:: Data for review ::

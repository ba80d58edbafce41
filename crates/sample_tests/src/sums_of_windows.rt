//! Sums over ranges of time, by every method and width, against sums that were worked out.
ghost use Rattle.std.specs.Prelude.{◌≡◌, ◌<◌, ◌≤◌};

use crate::added_events::{NOTHING, add, counts, filled, method_of, put, start};
use crate::expectations::expect;
use crate::row_words::number;
use exact_fraction::{Leaf, read_number};
use std::marker::Brand;
use std::process::Abort;
use std::sync::ledger::{Blank, Ledger};
use sum_pages::Steps;
use window_sums::WindowSums;

fn sum_by<L: Ledger>(sums: &WindowSums, from: u32, to: u32, blank: Blank) -> Leaf
    requires range { from ≤ to }
    requires blank { (blank.name ≡ L.name) × (blank.parts ≡ L.parts) × (0 < L.parts) }
{
    let mut steps = Steps::<L>::new(blank);
    sums.sum(from, to, &mut steps)
}

/// The sum for a caller that counts no steps; (0, 0) where the range ends before it begins.
fn sum(sums: &WindowSums, from: u32, to: u32) -> Leaf {
    sum_by::<Brand>(sums, from, to.max(from), Blank::new(1))
}

/// Events of ten minutes, on four days.
const EVENTS: &str = "\
0 3 4  4 1 1  5 0 2  59 9 10  60 1 3  61 2 3  1439 7 7  1440 1 2  2879 0 1  100000 1 1";

/// One sum has to be this: a range has its first minute, the minute behind it, the good part and
/// the whole.
fn expect_sum<R: Abort>(rt: &R, sums: &WindowSums, range: &str) {
    let mut words = range.split_whitespace();
    let from = number(rt, words.next(), 2_100_000) as u32;
    let to = number(rt, words.next(), 2_100_000) as u32;
    let num = number(rt, words.next(), 10_000_000_000);
    let den = number(rt, words.next(), 10_000_000_000);
    expect(rt, sum(sums, from, to) == Leaf { num, den }, range);
}

fn expect_sums<R: Abort>(rt: &R, sums: &WindowSums, ranges: &str) {
    for range in ranges.split("; ") {
        expect_sum(rt, sums, range);
    }
}

/// A row has a method, by its width and its target in billionths, where it has one, and what sums
/// over the ten minutes have to be.
fn expect_rows(rt: &(impl AllocGlobal + Abort), rows: &str) {
    for row in rows.lines() {
        let (method, ranges) = row.split_once(": ").expect(rt, "ranges");
        let (width, target) = method.split_once(" ").expect(rt, "a target");
        let width = number(rt, Some(width), 60) as u32;
        let target = read_number(target.as_bytes(), 1_000_000_000);
        let sums = filled(rt, rt.alloc(), method_of(width, target), EVENTS);
        expect_sums(rt, &sums, ranges);
    }
}

#[test]
fn sums_of_every_method(rt: HostRuntime) {
    let rows = "\
0 none: 0 1 3 4; 1 61 11 16; 0 1440 23 30; 59 2880 20 26; 61 2881 10 13; 0 100001 25 34
1 500000000: 0 1 1 1; 1 61 2 4; 0 1440 5 7; 59 2880 4 6; 61 2881 3 4; 0 100001 7 10
5 500000000: 0 1 0 0; 1 61 1 2; 0 1440 4 5; 59 2880 3 4; 61 2881 2 3; 0 100001 5 7
60 900000000: 0 1 0 0; 1 61 0 0; 0 1440 1 3; 59 2880 1 4; 61 2881 1 3; 0 100001 1 5";
    expect_rows(&rt, rows);
}

#[test]
fn ratios_of_every_width(rt: HostRuntime) {
    let rows = "\
1 none: 1 61 2233333333 4000000000; 0 1440 4649999999 7000000000; \
59 2880 3399999999 6000000000; 0 100001 6149999999 10000000000
5 none: 1 61 900000000 2000000000; 0 1440 3200000000 5000000000; \
59 2880 2000000000 4000000000; 0 100001 3700000000 7000000000
60 none: 1 61 0 0; 0 1440 2264705882 3000000000; \
59 2880 2000000000 4000000000; 0 100001 2764705882 5000000000";
    expect_rows(&rt, rows);
}

#[test]
fn four_hundred_days(rt: HostRuntime) {
    let mut sums = start(rt.alloc(), method_of(0, None));
    for minute in 0..576_000 {
        add(&rt, &mut sums, minute, 1, 1, u64::from(minute));
    }
    let all = sum(&sums, 59, 575_941);
    expect(
        &rt,
        (all.num, all.den) == (575_882, 575_882),
        "the sum of all days",
    );
}

#[test]
fn slices_of_five_minutes(rt: HostRuntime) {
    let mut sums = start(rt.alloc(), method_of(5, Some(500_000_000)));
    put(&rt, &mut sums, 101, NOTHING, counts(0, 2), 0);
    expect_sum(&rt, &sums, "0 105 0 1");
    put(
        &rt,
        &mut sums,
        101,
        counts(0, 2),
        counts(1, 2),
        1_000_000_002,
    );
    expect_sums(&rt, &sums, "0 103 0 0; 0 105 1 1; 101 110 0 0");
}

#[test]
fn ratios_are_rounded_slice_by_slice(rt: HostRuntime) {
    let sums = filled(&rt, rt.alloc(), method_of(1, None), "7 1 3  1440 2 3");
    expect_sum(&rt, &sums, "0 2000 999999999 2000000000");
}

:::

--- Activity ---
Reproduce the data in its entirety, matching each character.

--- Output of the exercise ---
repository ba80d58edbafce41
filename crates/sample_tests/src/sums_of_windows.rt
//! Sums over ranges of time, by every method and width, against sums that were worked out.
ghost use Rattle.std.specs.Prelude.{◌≡◌, ◌<◌, ◌≤◌};

use crate::added_events::{NOTHING, add, counts, filled, method_of, put, start};
use crate::expectations::expect;
use crate::row_words::number;
use exact_fraction::{Leaf, read_number};
use std::marker::Brand;
use std::process::Abort;
use std::sync::ledger::{Blank, Ledger};
use sum_pages::Steps;
use window_sums::WindowSums;

fn sum_by<L: Ledger>(sums: &WindowSums, from: u32, to: u32, blank: Blank) -> Leaf
    requires range { from ≤ to }
    requires blank { (blank.name ≡ L.name) × (blank.parts ≡ L.parts) × (0 < L.parts) }
{
    let mut steps = Steps::<L>::new(blank);
    sums.sum(from, to, &mut steps)
}

/// The sum for a caller that counts no steps; (0, 0) where the range ends before it begins.
fn sum(sums: &WindowSums, from: u32, to: u32) -> Leaf {
    sum_by::<Brand>(sums, from, to.max(from), Blank::new(1))
}

/// Events of ten minutes, on four days.
const EVENTS: &str = "\
0 3 4  4 1 1  5 0 2  59 9 10  60 1 3  61 2 3  1439 7 7  1440 1 2  2879 0 1  100000 1 1";

/// One sum has to be this: a range has its first minute, the minute behind it, the good part and
/// the whole.
fn expect_sum<R: Abort>(rt: &R, sums: &WindowSums, range: &str) {
    let mut words = range.split_whitespace();
    let from = number(rt, words.next(), 2_100_000) as u32;
    let to = number(rt, words.next(), 2_100_000) as u32;
    let num = number(rt, words.next(), 10_000_000_000);
    let den = number(rt, words.next(), 10_000_000_000);
    expect(rt, sum(sums, from, to) == Leaf { num, den }, range);
}

fn expect_sums<R: Abort>(rt: &R, sums: &WindowSums, ranges: &str) {
    for range in ranges.split("; ") {
        expect_sum(rt, sums, range);
    }
}

/// A row has a method, by its width and its target in billionths, where it has one, and what sums
/// over the ten minutes have to be.
fn expect_rows(rt: &(impl AllocGlobal + Abort), rows: &str) {
    for row in rows.lines() {
        let (method, ranges) = row.split_once(": ").expect(rt, "ranges");
        let (width, target) = method.split_once(" ").expect(rt, "a target");
        let width = number(rt, Some(width), 60) as u32;
        let target = read_number(target.as_bytes(), 1_000_000_000);
        let sums = filled(rt, rt.alloc(), method_of(width, target), EVENTS);
        expect_sums(rt, &sums, ranges);
    }
}

#[test]
fn sums_of_every_method(rt: HostRuntime) {
    let rows = "\
0 none: 0 1 3 4; 1 61 11 16; 0 1440 23 30; 59 2880 20 26; 61 2881 10 13; 0 100001 25 34
1 500000000: 0 1 1 1; 1 61 2 4; 0 1440 5 7; 59 2880 4 6; 61 2881 3 4; 0 100001 7 10
5 500000000: 0 1 0 0; 1 61 1 2; 0 1440 4 5; 59 2880 3 4; 61 2881 2 3; 0 100001 5 7
60 900000000: 0 1 0 0; 1 61 0 0; 0 1440 1 3; 59 2880 1 4; 61 2881 1 3; 0 100001 1 5";
    expect_rows(&rt, rows);
}

#[test]
fn ratios_of_every_width(rt: HostRuntime) {
    let rows = "\
1 none: 1 61 2233333333 4000000000; 0 1440 4649999999 7000000000; \
59 2880 3399999999 6000000000; 0 100001 6149999999 10000000000
5 none: 1 61 900000000 2000000000; 0 1440 3200000000 5000000000; \
59 2880 2000000000 4000000000; 0 100001 3700000000 7000000000
60 none: 1 61 0 0; 0 1440 2264705882 3000000000; \
59 2880 2000000000 4000000000; 0 100001 2764705882 5000000000";
    expect_rows(&rt, rows);
}

#[test]
fn four_hundred_days(rt: HostRuntime) {
    let mut sums = start(rt.alloc(), method_of(0, None));
    for minute in 0..576_000 {
        add(&rt, &mut sums, minute, 1, 1, u64::from(minute));
    }
    let all = sum(&sums, 59, 575_941);
    expect(
        &rt,
        (all.num, all.den) == (575_882, 575_882),
        "the sum of all days",
    );
}

#[test]
fn slices_of_five_minutes(rt: HostRuntime) {
    let mut sums = start(rt.alloc(), method_of(5, Some(500_000_000)));
    put(&rt, &mut sums, 101, NOTHING, counts(0, 2), 0);
    expect_sum(&rt, &sums, "0 105 0 1");
    put(
        &rt,
        &mut sums,
        101,
        counts(0, 2),
        counts(1, 2),
        1_000_000_002,
    );
    expect_sums(&rt, &sums, "0 103 0 0; 0 105 1 1; 101 110 0 0");
}

#[test]
fn ratios_are_rounded_slice_by_slice(rt: HostRuntime) {
    let sums = filled(&rt, rt.alloc(), method_of(1, None), "7 1 3  1440 2 3");
    expect_sum(&rt, &sums, "0 2000 999999999 2000000000");
}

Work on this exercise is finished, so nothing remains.